(Stored data)
--

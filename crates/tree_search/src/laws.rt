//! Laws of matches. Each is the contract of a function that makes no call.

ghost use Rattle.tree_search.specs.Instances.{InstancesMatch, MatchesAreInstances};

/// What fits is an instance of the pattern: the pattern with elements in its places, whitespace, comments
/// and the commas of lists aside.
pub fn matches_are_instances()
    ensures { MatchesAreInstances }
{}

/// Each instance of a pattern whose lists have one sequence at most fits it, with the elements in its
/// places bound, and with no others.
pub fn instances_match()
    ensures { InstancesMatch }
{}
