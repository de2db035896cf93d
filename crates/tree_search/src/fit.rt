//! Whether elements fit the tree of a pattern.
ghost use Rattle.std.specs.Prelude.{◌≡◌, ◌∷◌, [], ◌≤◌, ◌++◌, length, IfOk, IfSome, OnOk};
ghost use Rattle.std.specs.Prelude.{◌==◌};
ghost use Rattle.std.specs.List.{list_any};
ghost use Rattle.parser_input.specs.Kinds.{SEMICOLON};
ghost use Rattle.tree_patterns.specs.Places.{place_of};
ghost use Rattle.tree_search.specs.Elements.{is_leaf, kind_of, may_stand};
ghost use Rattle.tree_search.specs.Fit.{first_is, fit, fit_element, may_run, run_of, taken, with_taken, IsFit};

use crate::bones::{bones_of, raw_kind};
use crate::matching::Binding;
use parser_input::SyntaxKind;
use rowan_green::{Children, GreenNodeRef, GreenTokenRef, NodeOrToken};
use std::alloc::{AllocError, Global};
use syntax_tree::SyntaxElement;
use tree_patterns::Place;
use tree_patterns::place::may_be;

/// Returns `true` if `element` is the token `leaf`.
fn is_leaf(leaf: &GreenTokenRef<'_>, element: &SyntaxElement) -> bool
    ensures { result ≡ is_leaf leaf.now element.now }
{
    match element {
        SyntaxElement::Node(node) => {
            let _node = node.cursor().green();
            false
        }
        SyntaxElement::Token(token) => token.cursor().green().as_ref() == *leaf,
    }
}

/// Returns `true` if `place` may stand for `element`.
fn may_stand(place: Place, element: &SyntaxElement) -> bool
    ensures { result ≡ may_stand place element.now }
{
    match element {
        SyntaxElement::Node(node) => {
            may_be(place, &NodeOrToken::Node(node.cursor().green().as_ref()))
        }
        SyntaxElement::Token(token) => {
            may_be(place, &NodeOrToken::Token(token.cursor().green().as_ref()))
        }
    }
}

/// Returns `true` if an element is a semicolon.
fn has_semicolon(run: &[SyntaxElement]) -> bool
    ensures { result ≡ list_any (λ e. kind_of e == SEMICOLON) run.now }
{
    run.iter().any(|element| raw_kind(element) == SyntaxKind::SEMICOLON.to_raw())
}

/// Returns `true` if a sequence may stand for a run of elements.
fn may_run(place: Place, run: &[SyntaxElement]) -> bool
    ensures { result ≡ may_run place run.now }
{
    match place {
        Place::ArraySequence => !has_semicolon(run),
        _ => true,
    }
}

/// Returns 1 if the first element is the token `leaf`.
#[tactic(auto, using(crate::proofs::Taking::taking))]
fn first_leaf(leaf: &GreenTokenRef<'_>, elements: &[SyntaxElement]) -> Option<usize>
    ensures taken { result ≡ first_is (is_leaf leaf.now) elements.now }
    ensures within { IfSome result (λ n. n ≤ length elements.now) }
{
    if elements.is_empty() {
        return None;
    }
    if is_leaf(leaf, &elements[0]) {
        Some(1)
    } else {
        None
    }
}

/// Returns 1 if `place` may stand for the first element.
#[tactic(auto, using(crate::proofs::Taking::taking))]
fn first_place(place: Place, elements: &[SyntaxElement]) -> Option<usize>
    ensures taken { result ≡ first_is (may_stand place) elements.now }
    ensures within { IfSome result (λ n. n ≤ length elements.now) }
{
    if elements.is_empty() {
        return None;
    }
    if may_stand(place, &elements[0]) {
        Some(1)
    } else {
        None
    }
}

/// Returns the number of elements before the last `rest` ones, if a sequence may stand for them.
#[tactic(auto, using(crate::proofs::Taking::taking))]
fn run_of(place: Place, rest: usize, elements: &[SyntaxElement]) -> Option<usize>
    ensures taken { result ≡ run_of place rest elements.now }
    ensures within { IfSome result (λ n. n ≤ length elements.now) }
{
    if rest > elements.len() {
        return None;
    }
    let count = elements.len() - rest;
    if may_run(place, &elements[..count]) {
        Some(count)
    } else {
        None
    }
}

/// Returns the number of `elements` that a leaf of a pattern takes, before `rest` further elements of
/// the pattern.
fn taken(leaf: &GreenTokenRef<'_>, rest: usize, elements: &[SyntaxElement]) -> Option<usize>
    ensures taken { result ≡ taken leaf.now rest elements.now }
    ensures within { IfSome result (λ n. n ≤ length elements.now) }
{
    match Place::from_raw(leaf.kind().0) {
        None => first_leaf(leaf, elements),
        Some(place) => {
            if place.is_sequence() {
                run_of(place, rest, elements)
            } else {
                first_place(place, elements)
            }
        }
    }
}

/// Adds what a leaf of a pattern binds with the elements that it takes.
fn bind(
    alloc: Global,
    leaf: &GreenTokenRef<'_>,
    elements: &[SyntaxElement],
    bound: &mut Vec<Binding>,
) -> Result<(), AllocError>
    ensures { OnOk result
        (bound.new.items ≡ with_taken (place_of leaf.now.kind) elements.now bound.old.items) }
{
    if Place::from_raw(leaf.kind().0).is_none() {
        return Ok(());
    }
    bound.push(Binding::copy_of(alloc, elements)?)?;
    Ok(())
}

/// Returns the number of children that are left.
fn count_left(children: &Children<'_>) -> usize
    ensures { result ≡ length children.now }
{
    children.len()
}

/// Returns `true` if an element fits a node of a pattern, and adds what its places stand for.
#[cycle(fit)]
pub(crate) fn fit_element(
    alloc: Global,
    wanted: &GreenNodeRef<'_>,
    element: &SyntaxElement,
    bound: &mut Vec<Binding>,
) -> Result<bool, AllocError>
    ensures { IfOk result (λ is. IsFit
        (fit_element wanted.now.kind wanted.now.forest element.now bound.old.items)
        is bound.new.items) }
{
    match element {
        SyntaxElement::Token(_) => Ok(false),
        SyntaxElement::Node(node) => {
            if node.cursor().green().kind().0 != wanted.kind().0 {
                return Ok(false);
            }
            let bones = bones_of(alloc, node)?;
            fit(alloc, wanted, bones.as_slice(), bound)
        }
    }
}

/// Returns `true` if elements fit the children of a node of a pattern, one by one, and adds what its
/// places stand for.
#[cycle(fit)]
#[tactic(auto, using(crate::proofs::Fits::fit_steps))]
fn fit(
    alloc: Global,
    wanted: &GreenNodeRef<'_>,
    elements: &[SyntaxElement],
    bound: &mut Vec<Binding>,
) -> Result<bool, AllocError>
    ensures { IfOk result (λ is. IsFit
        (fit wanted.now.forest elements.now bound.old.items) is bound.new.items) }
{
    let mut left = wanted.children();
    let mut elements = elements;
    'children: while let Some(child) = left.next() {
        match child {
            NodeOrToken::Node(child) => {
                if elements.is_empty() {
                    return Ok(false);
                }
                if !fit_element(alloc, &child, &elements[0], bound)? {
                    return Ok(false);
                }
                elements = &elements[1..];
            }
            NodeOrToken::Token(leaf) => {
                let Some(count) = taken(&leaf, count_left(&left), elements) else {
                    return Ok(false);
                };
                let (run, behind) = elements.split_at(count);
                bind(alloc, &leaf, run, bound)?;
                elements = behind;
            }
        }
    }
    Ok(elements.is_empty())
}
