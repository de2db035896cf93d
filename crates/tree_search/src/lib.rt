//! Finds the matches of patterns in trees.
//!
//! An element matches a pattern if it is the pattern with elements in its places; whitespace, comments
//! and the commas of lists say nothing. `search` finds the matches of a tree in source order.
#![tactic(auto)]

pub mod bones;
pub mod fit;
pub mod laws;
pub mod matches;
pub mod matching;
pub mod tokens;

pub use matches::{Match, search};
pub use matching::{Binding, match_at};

--

§ TASK BRIEF
Go over the data and return every line that includes the word "before".

§ COMPLETED TASK
/// Returns the number of elements before the last `rest` ones, if a sequence may stand for them.
/// Returns the number of `elements` that a leaf of a pattern takes, before `rest` further elements of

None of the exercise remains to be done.